• Action item
Transcribe exactly the lines that begin the material and continue through the line containing "pub use ports::counted;". Leave out whatever follows.

□ □ □ □

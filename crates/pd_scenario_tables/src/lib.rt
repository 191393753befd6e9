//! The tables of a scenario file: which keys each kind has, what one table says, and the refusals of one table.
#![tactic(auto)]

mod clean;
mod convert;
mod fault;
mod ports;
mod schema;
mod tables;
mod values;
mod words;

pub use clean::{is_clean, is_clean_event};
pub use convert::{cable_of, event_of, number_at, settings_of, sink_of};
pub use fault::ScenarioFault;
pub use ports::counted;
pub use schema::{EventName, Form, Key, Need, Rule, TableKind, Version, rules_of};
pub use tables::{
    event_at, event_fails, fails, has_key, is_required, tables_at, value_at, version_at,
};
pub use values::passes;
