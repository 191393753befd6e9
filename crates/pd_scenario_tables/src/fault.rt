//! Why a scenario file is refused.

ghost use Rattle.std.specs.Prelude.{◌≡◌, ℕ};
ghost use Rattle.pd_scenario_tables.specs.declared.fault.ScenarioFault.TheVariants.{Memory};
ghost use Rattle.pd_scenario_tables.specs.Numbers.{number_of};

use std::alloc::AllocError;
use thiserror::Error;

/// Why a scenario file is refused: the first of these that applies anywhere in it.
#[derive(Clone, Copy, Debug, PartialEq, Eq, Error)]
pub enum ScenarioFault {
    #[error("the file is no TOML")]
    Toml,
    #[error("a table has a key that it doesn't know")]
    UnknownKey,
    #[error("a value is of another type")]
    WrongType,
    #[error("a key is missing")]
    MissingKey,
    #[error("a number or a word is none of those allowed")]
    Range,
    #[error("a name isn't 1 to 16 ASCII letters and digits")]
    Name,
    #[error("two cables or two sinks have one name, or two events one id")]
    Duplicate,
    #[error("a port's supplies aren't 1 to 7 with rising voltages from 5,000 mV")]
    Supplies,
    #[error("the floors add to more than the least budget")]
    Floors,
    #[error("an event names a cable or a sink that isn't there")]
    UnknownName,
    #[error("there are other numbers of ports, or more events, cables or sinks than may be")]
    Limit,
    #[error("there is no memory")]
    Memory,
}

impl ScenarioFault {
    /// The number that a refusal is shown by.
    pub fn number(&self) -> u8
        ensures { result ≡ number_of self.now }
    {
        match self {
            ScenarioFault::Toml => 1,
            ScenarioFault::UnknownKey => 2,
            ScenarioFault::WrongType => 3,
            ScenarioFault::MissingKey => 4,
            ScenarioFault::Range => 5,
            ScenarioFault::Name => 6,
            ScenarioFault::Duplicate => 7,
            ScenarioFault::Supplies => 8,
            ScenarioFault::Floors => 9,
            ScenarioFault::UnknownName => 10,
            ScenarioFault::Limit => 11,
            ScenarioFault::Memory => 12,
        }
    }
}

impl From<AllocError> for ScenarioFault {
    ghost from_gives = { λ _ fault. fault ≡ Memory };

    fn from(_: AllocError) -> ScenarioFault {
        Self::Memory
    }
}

□ □ □ □

• Task solution
filename crates/pd_scenario_tables/src/lib.rt
repository 191393753befd6e9
//! The tables of a scenario file: which keys each kind has, what one table says, and the refusals of one table.
#![tactic(auto)]

mod clean;
mod convert;
mod fault;
mod ports;
mod schema;
mod tables;
mod values;
mod words;

pub use clean::{is_clean, is_clean_event};
pub use convert::{cable_of, event_of, number_at, settings_of, sink_of};
pub use fault::ScenarioFault;
pub use ports::counted;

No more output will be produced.